The java.util.Random class has a method nextLong() which on it's own calls next(32) returning a random signed integer.
public long nextLong() {
// it's okay that the bottom word remains signed.
return ((long)(next(32)) << 32) + next(32);
}
How come keeping the bottom word signed does not impact the quality of the randomly generated numbers?
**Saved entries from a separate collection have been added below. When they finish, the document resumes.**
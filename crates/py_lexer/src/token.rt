//! Tokens, and why a text has none.

ghost use Rattle.std.specs.Prelude.{◌≡◌};
ghost use Rattle.py_lexer.specs.Faults.{fault_name};

use py_literals::place::Pos;
use rv_names::{Memory, Name, Text};
use std::alloc::{AllocError, AllocFailed};
use std::error::Error;
use std::fmt;

/// What a token is (Language Reference, chapter 2): the layout of lines, names and literals, the parts of a formatted
/// string, the keywords, and the operators and delimiters.
#[derive(Clone, Copy, Debug, PartialEq, Eq)]
pub enum Kind {
    /// The end of a logical line.
    Newline,
    /// A block begins.
    Indent,
    /// A block ends.
    Dedent,
    /// An identifier that is no keyword; its value is a `Value::Name`.
    Name,
    /// A whole number; its value is a `Value::Whole`.
    Number,
    /// A floating point or imaginary number.
    Float,
    /// A string that isn't formatted; its value is a `Value::Text`.
    Text,
    /// A bytes literal.
    Bytes,
    /// The prefix and the opening quotes of a formatted string.
    FStringStart,
    /// A text between the fields of a formatted string; its value is a `Value::Text`.
    FStringText,
    /// The `{` of a field.
    FieldOpen,
    /// The `}` of a field.
    FieldClose,
    /// The closing quotes of a formatted string.
    FStringEnd,

    // The keywords (2.3.1), which are named as they are spelled.
    False,
    None,
    True,
    And,
    As,
    Assert,
    Async,
    Await,
    Break,
    Class,
    Continue,
    Def,
    Del,
    Elif,
    Else,
    Except,
    Finally,
    For,
    From,
    Global,
    If,
    Import,
    In,
    Is,
    Lambda,
    Nonlocal,
    Not,
    Or,
    Pass,
    Raise,
    Return,
    Try,
    While,
    With,
    Yield,

    // The operators and delimiters (2.5 and 2.6).
    Plus,
    Minus,
    Star,
    DoubleStar,
    Slash,
    DoubleSlash,
    Percent,
    At,
    LeftShift,
    RightShift,
    Ampersand,
    Bar,
    Caret,
    Tilde,
    ColonEqual,
    Less,
    Greater,
    LessEqual,
    GreaterEqual,
    DoubleEqual,
    NotEqual,
    LeftParen,
    RightParen,
    LeftBracket,
    RightBracket,
    LeftBrace,
    RightBrace,
    Comma,
    Colon,
    Dot,
    Semicolon,
    Equal,
    Arrow,
    PlusEqual,
    MinusEqual,
    StarEqual,
    SlashEqual,
    DoubleSlashEqual,
    PercentEqual,
    AtEqual,
    AmpersandEqual,
    BarEqual,
    CaretEqual,
    RightShiftEqual,
    LeftShiftEqual,
    DoubleStarEqual,
    Ellipsis,
}

/// What a token stands for, beyond its kind.
#[derive(Debug, Drop)]
pub enum Value {
    /// Its kind says all.
    Nothing,
    /// The identifier.
    Name(Name),
    /// What the literal's characters and escapes stand for.
    Text(Text),
    /// The number, which is at most 2^127 - 1.
    Whole(i128),
}

/// A token, and the place of its first character.
///
/// An INDENT or DEDENT stands at the first token of its line, the DEDENTs of the blocks that are open at the end of the
/// text stand there, and a NEWLINE stands at its line end, or at the end of a text whose last line has none.
#[derive(Debug, Drop)]
pub struct Token {
    pub kind: Kind,
    pub value: Value,
    pub at: Pos,
}

/// Why a text has no tokens.
#[derive(Clone, Copy, Debug, PartialEq, Eq)]
pub enum LexKind {
    /// A character that begins no token.
    BadChar,
    /// Leading white space of another kind than that seen before: tabs among spaces, or spaces among tabs.
    MixedIndent,
    /// A line's first token behind less white space than its block's, and as much as no block's round it.
    BadDedent,
    /// The opening quote of a string without an end.
    OpenString,
    /// The innermost bracket that is open where the text ends.
    OpenBracket,
    /// The backslash of an escape that stands for nothing.
    BadEscape,
    /// A number that goes on with a character of names.
    BadNumber,
    /// A whole number above 2^127 - 1.
    WideNumber,
    /// An identifier that isn't in NFKC.
    NotNormal,
    /// The opening quote of a formatted string of another form than this subset's.
    FStringForm,
}

impl LexKind {
    /// Its name, as faults print it.
    pub fn name(self) -> &'static str
        ensures { result.now ≡ fault_name self }
    {
        match self {
            LexKind::BadChar => "BadChar",
            LexKind::MixedIndent => "MixedIndent",
            LexKind::BadDedent => "BadDedent",
            LexKind::OpenString => "OpenString",
            LexKind::OpenBracket => "OpenBracket",
            LexKind::BadEscape => "BadEscape",
            LexKind::BadNumber => "BadNumber",
            LexKind::WideNumber => "WideNumber",
            LexKind::NotNormal => "NotNormal",
            LexKind::FStringForm => "FStringForm",
        }
    }
}

impl fmt::Display for LexKind {
    ghost use Rattle.std.specs.Prelude.{Some};
    ghost use Rattle.py_lexer.specs.Faults.{fault_name};

    ghost output = { λ kind. Some (fault_name kind) };

    fn fmt<W: fmt::Write>(&self, f: &mut fmt::Formatter<W>) -> fmt::Result {
        f.pad(self.name())
    }
}

/// Why a text gave no tokens.
#[derive(Clone, Copy, Debug, PartialEq, Eq)]
pub enum LexError {
    /// The text's one fault, and its place.
    Fault { kind: LexKind, at: Pos },
    /// There is no memory left for the answer.
    Memory,
}

impl fmt::Display for LexError {
    fn fmt<W: fmt::Write>(&self, f: &mut fmt::Formatter<W>) -> fmt::Result {
        match self {
            LexError::Fault { kind, at } => write!(f, "{}:{}: {kind}", at.line, at.col),
            LexError::Memory => f.write_str("out of memory"),
        }
    }
}

impl Error for LexError {}

impl From<AllocError> for LexError {
    ghost use Rattle.std.specs.Prelude.{◌≡◌};
    ghost use Rattle.py_lexer.specs.declared.token.LexError.TheVariants.{Memory};

    ghost from_gives = { λ _ error. error ≡ Memory };

    fn from(_error: AllocError) -> LexError {
        LexError::Memory
    }
}

impl<T: Drop> From<AllocFailed<T>> for LexError {
    ghost use Rattle.std.specs.Prelude.{◌≡◌};
    ghost use Rattle.py_lexer.specs.declared.token.LexError.TheVariants.{Memory};

    ghost from_gives = { λ _ error. error ≡ Memory };

    fn from(_error: AllocFailed<T>) -> LexError {
        LexError::Memory
    }
}

impl From<Memory> for LexError {
    ghost use Rattle.std.specs.Prelude.{◌≡◌};
    ghost use Rattle.py_lexer.specs.declared.token.LexError.TheVariants.{Memory};

    ghost from_gives = { λ _ error. error ≡ Memory };

    fn from(_error: Memory) -> LexError {
        LexError::Memory
    }
}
When constructing an example a bit in the middle of the generated long value is zeroed if the bottom word is negative.
final long INTEGER_MASK = 0xFFFFFFFFL;
int upper = Integer.MAX_VALUE;
int bottom = -1;
System.out.printf("%14s %64s%n","Upper:",Long.toBinaryString(((long)upper << 32)));
System.out.printf("%14s %64s%n","Lower:",Long.toBinaryString((long)bottom));
System.out.printf("%14s %64s%n"," Lower Masked:",Long.toBinaryString(((long)bottom)& INTEGER_MASK));
long result = ((long)upper << 32) + bottom;
System.out.printf("%14s %64s%n","Result:",Long.toBinaryString(result));
//Proper
long resultMasked = ((long)upper << 32) + (((long)bottom & INTEGER_MASK));
System.out.printf("%14s %64s%n%n","Masked",Long.toBinaryString(resultMasked));
Upper: 111_1111_1111_1111_1111_1111_1111_1111_0000_0000_0000_0000_0000_0000_0000_0000
Lower: 1111_1111_1111_1111_1111_1111_1111_1111_1111_1111_1111_1111_1111_1111_1111_1111
Lower Mask: 1111_1111_1111_1111_1111_1111_1111_1111
Result: 111_1111_1111_1111_1111_1111_1111_1110_1111_1111_1111_1111_1111_1111_1111_1111
Masked 111_1111_1111_1111_1111_1111_1111_1111_1111_1111_1111_1111_1111_1111_1111_1111
Currently the lower word contributes 33 bits while the upper only has 32 bits. Even if the upper word is negative due to the 32 bit shift it won't wrap around. I am aware of the javadocs stating that:
Because class {@code Random} uses a seed with only 48 bits, this algorithm will not return all possible {@code long} values.
In this case it might not be detrimental but e.g. gmu's MersenneTwister implementation uses exactly this function call. Doesn't this impact the quality of random numbers generated? What am I missing here?